The greatest thing you will do in your life will be met with the greatest opposition. Or, to put it differently: if you feel massive resistance to something, it means you need to do it. Steven Pressfield uses the idea of the shadow—if the shadow represents resistance, then the larger the shadow, the larger the thing we need to do.
In a couple of weeks, I’m putting on an art show, whether I’m done with it or not. There have been days when I didn’t want to paint—perhaps many days—but I went into the studio and painted until I was exhausted. There were days when I had too many other things to do and used those distractions as excuses. But the canvases won’t paint themselves. There were days when I felt overwhelmed by having to build too many canvases. Paula told me to get an assistant, and within a few days, I found someone who could help me build and stretch all my canvases.
As these barriers and excuses fell away, I kept painting. Maybe I wasn’t painting fast enough, but I was still painting.
The same happened when writing my next book. Too many ideas, too many excuses, too much resistance. But I kept at it—committing to finishing what I started, saving material from other projects, and generating new ideas.
One day, while driving, I listened to a podcast about anti-empathy books. Tangentially, I thought, It really sounds like evangelicals and atheists share the same ideas about what God could be and not be. They believe in the same God! So, I started researching in that direction. I wrote an introduction, drafted a book proposal, and sent it to seven publishers and two agents. (Getting a literary agent to represent you is like winning the lottery.) I received a great rejection from one press and a promising bite from another, which will let me know next week if they think it’s worth pursuing.
In Jesus of the East, I wrote about the Korean concept of han, the deep wound carried by people and communities. The corollary to han is dan. I define dan as resistance—not resistance for its own sake, but the kind that refuses to perpetuate harm. It is resisting the pain that keeps us from healing and becoming whole. This kind of positive resistance allows us to transform the negative resistance we encounter in our lives. Resistance itself is not bad. In the gym, weights provide resistance that helps our muscles grow. Likewise, we can leverage the resistance in our lives to propel us forward.
If I feel resistance toward something, I can:
Recognize that I need to do it first.
Understand that whatever I’m resisting can reveal something about myself.
Easy things become obstacles to the things we really need to do.
That said, sometimes we need breaks. We need to step away, take a walk, and let our work breathe.
Last night, after a full day of work, I was drained. It was St. Patrick’s Day, and I didn’t want to cook—I just wanted to go out, eat, and rest. As Paula was driving us to get ramen, she spotted a strange but beautiful cloud formation. I looked up from my phone and was equally amazed. Even easy distractions couldn’t keep my eyes away. It was a spiral with a line through the middle, glowing in the sunset’s brightest orange.

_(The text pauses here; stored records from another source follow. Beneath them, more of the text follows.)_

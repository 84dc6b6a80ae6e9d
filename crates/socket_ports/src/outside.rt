//! The sockets as the outside of a live day.
ghost use Rattle.std.specs.Prelude.{◌≡◌, ◌≤◌, ℕ, OnErr};
ghost use Rattle.venue_words.specs.Causes.{HasCause};
ghost use Rattle.socket_ports.specs.Places.{came_in, went_in, up_in, origin_in};

use crate::operator::Operator;
use crate::seats::{MAX_OPERATORS, OPERATORS, Seats};
use crate::sockets::Sockets;
use fix_write::push_moment;
use io_edge::{Clock as _, Failed, RealClock};
use live_edge::Outside;
use live_words::{Event, Origin, Told};
use mio::{Events, Token};
use std::alloc::{AllocError, Global};
use std::io::Eprint;
use std::net::{Net, SocketAddr};
use std::rt::Clock;
use std::time::Duration;

/// After so many waits a door that failed is tried again, as where the process had no descriptor left.
const RETRY_WAITS: u32 = 64;

/// Notes all that the system told of.
fn note_all(seats: &mut Seats, events: &Events)
    ensures came { (q : ℕ) → came_in seats.new.places.items q ≡ came_in seats.old.places.items q }
    ensures went { (q : ℕ) → went_in seats.new.places.items q ≡ went_in seats.old.places.items q }
    ensures up { (q : ℕ) → up_in seats.new.places.items q ≡ up_in seats.old.places.items q }
{
    for event in events.iter() {
        let Token(token) = event.token();
        let ends = event.is_read_closed() || event.is_error();
        seats.note(token, event.is_readable(), event.is_writable(), ends);
    }
}

impl<'a, R: Net + Eprint + Clock> Sockets<'a, R> {
    /// Sends operators what was answered, then waits, and notes what the system tells of. The lines of the round before are kept by
    /// now, so nobody is answered before his line is.
    fn wait_for(&mut self, most_milliseconds: u64) -> Result<(), Failed>
        ensures came { (q : ℕ) → came_in self.new.seats.places.items q ≡ came_in self.old.seats.places.items q }
        ensures went { (q : ℕ) → went_in self.new.seats.places.items q ≡ went_in self.old.seats.places.items q }
        ensures up { (q : ℕ) → up_in self.new.seats.places.items q ≡ up_in self.old.seats.places.items q }
        ensures cause { HasCause self.old.faults self.new.faults result }
    {
        self.seats.send_answers();
        self.waits = self.waits.wrapping_add(1);
        if self.waits % RETRY_WAITS == 0 {
            self.seats.asks.fill(true);
            self.seats.desk_asks = true;
        }
        let most = Duration::from_millis(most_milliseconds);
        if self.poll.poll(&mut self.events, Some(most)).is_err() {
            return Err(self.fail());
        }
        note_all(&mut self.seats, &self.events);
        Ok(())
    }

    /// A place for another operator.
    fn free_operator(&mut self) -> Result<Option<usize>, AllocError>
        ensures places { self.new.seats.places ≡ self.old.seats.places }
        ensures faults { self.new.faults ≡ self.old.faults }
    {
        for (index, operator) in self.seats.operators.iter().enumerate() {
            if operator.is_none() {
                return Ok(Some(index));
            }
        }
        if self.seats.operators.len() >= MAX_OPERATORS {
            return Ok(None);
        }
        self.seats.operators.push(None)?;
        Ok(Some(self.seats.operators.len().saturating_sub(1)))
    }
}

/// Lets operators in, as long as one asks and there is a place.
fn admit_operators<R: Net + Eprint + Clock>(sockets: &mut Sockets<'_, R>) -> Result<(), AllocError>
    ensures places { sockets.new.seats.places ≡ sockets.old.seats.places }
    ensures faults { sockets.new.faults ≡ sockets.old.faults }
{
    for _ in 0..MAX_OPERATORS {
        if !sockets.seats.desk_asks {
            return Ok(());
        }
        let Some(index) = sockets.free_operator()? else {
            return Ok(());
        };
        let Ok(mut stream) = sockets.desk.accept() else {
            sockets.seats.desk_asks = false;
            return Ok(());
        };
        let token = Token(OPERATORS.saturating_add(index));
        if stream.register(sockets.poll.registry(), token).is_ok()
            && index < sockets.seats.operators.len()
        {
            sockets.seats.operators[index] = Some(Operator::new(sockets.alloc, stream));
        }
    }
    Ok(())
}

/// The next word of an operator, from one on, who is let go where nothing more comes of him.
fn word_from<R: Net + Eprint + Clock>(
    sockets: &mut Sockets<'_, R>,
    index: usize,
    line: &mut Vec<u8>,
) -> Result<bool, AllocError>
    ensures places { sockets.new.seats.places ≡ sockets.old.seats.places }
    ensures faults { sockets.new.faults ≡ sockets.old.faults }
{
    if index >= sockets.seats.operators.len() {
        return Ok(false);
    }
    let mut spoke = false;
    let mut done = false;
    if let Some(operator) = &mut sockets.seats.operators[index] {
        spoke = operator.word(line)?;
        done = !spoke && operator.is_done();
    }
    if done {
        sockets.seats.operators[index] = None;
    }
    Ok(spoke)
}

/// The next word of any operator, and whose it is. They take turns.
fn next_word<R: Net + Eprint + Clock>(
    sockets: &mut Sockets<'_, R>,
    line: &mut Vec<u8>,
) -> Result<Option<usize>, AllocError>
    ensures places { sockets.new.seats.places ≡ sockets.old.seats.places }
    ensures faults { sockets.new.faults ≡ sockets.old.faults }
{
    admit_operators(sockets)?;
    let count = sockets.seats.operators.len();
    for _ in 0..count {
        let index = sockets.turn;
        sockets.turn = if index.saturating_add(1) < count {
            index.saturating_add(1)
        } else {
            0
        };
        if word_from(sockets, index, line)? {
            return Ok(Some(index));
        }
    }
    Ok(None)
}

/// A moment as the log has it, as `2026-12-02T09:30:00.123Z`.
fn push_log_moment(line: &mut Vec<u8>, alloc: Global, now: i64) -> Result<(), AllocError> {
    let mut moment = Vec::new(alloc);
    if push_moment(&mut moment, now).is_err() {
        return Ok(());
    }
    for (index, byte) in moment.iter().enumerate() {
        match index {
            4 | 6 => {
                line.push(b'-')?;
                line.push(*byte)?;
            }
            8 => line.push(b'T')?,
            _ => line.push(*byte)?,
        }
    }
    line.push(b'Z')?;
    Ok(())
}

/// Tells the log of an event, with the present moment.
fn tell<R: Net + Eprint + Clock>(rt: &R, alloc: Global, told: &Told<'_>) -> Result<(), AllocError> {
    let mut line = Vec::new(alloc);
    push_log_moment(&mut line, alloc, RealClock::new(rt).now())?;
    if let Ok(moment) = str::from_utf8(&line) {
        let _ = eprintln!(rt; "{moment} {told}");
    }
    Ok(())
}

impl<'a, R: Net + Eprint + Clock> Sockets<'a, R> {
    /// The address of the connection that an event is about, if it came from one.
    fn source_of(&self, event: Event) -> Option<SocketAddr> {
        match self.seats.places.get(event.port()?) {
            Some(place) => place.address(),
            None => None,
        }
    }

    /// The number of the last line of the operator whom an event is about.
    fn line_of(&self, event: Event) -> Option<u64> {
        match self.seats.operators.get(event.operator()?) {
            Some(Some(operator)) => Some(operator.lines()),
            _ => None,
        }
    }
}

impl<'a, R: Net + Eprint + Clock> Outside for Sockets<'a, R> {
    ghost origin = { λ s. origin_in s.seats.places.items };

    fn origin(&self, port: usize) -> Origin {
        match self.seats.places.get(port) {
            Some(place) => place.origin(),
            None => Origin {
                door: 0,
                address: 0,
            },
        }
    }

    fn wait(&mut self, most_milliseconds: u64) -> Result<(), Failed> {
        self.wait_for(most_milliseconds)
    }

    fn word(&mut self, line: &mut Vec<u8>) -> Result<Option<usize>, Failed> {
        match next_word(self, line) {
            Ok(spoke) => Ok(spoke),
            Err(_) => Err(self.fail()),
        }
    }

    fn answer(&mut self, operator: usize, text: &[u8]) -> Result<(), Failed> {
        let mut answered = Ok(());
        if operator < self.seats.operators.len() {
            if let Some(operator) = &mut self.seats.operators[operator] {
                answered = operator.answer(text);
            }
        }
        match answered {
            Ok(()) => Ok(()),
            Err(_) => Err(self.fail()),
        }
    }

    fn log(&mut self, event: Event) {
        let rt = self.rt;
        let alloc = self.alloc;
        let from = self.source_of(event);
        let line = self.line_of(event);
        let told = Told {
            event,
            names: &self.names,
            from,
            line,
        };
        let _ = tell(rt, alloc, &told).is_ok();
    }
}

I made a SpaceX joke, but for a moment, the current state of the world faded away. A sunset is the cure for cynicism. Everything has its moment and then it’s gone.

A few days earlier, during a meditation exercise, I had seen this exact vision and even thought that Paula and I would witness it together. I dismissed it at the time, as I often do things that don’t make logical sense. It had been a period of anxiety, a time when I was waiting for something to break through—but nothing did. Then last night, it happened, almost as if I had seen it in advance.
I don’t know what my mind was doing, and I’m not going to try to interpret it. Maybe it was just filtering my experiences. But we both saw it. We both experienced it. Then we got ramen, and I had my green matcha ramen in honor of St. Patrick’s Day.
Whatever we are doing—when we are consistent, when we show up and do the work, when we learn to leverage resistance—we grow.
Here are some things I’ve learned:
Resistance is an indicator of what we should be doing.
Resistance can be leveraged for something positive—like resisting the impulse to return harm for harm.
Work, or anything else we feel we have to do, doesn’t have to be difficult.
Distance can help when we’re stuck.
Get enough sleep.
When resistance is a shadow, the sun can dissipate it. Rather than working against it, we can lean into it and make it something useful—like starting with dark tones on one of my paintings.
When I struggled too much with making one painting “work,” I switched to another blank canvas. I had a palette of blues and browns, two pigments that can be mixed to create deep blacks. So I started with that, and what emerged was something spectacular.
Not every day does the sky paint an unimaginable picture and top it off with a beaming sunset of sorbet peach. But when it does—be ready for it. Better yet, be open to it.
Love this idea of 'feeling resistance means it is worthwhile.' Wise words there. Resistance is the sign that we should keep working and searching to figure out what the painting, the essay, the book should be.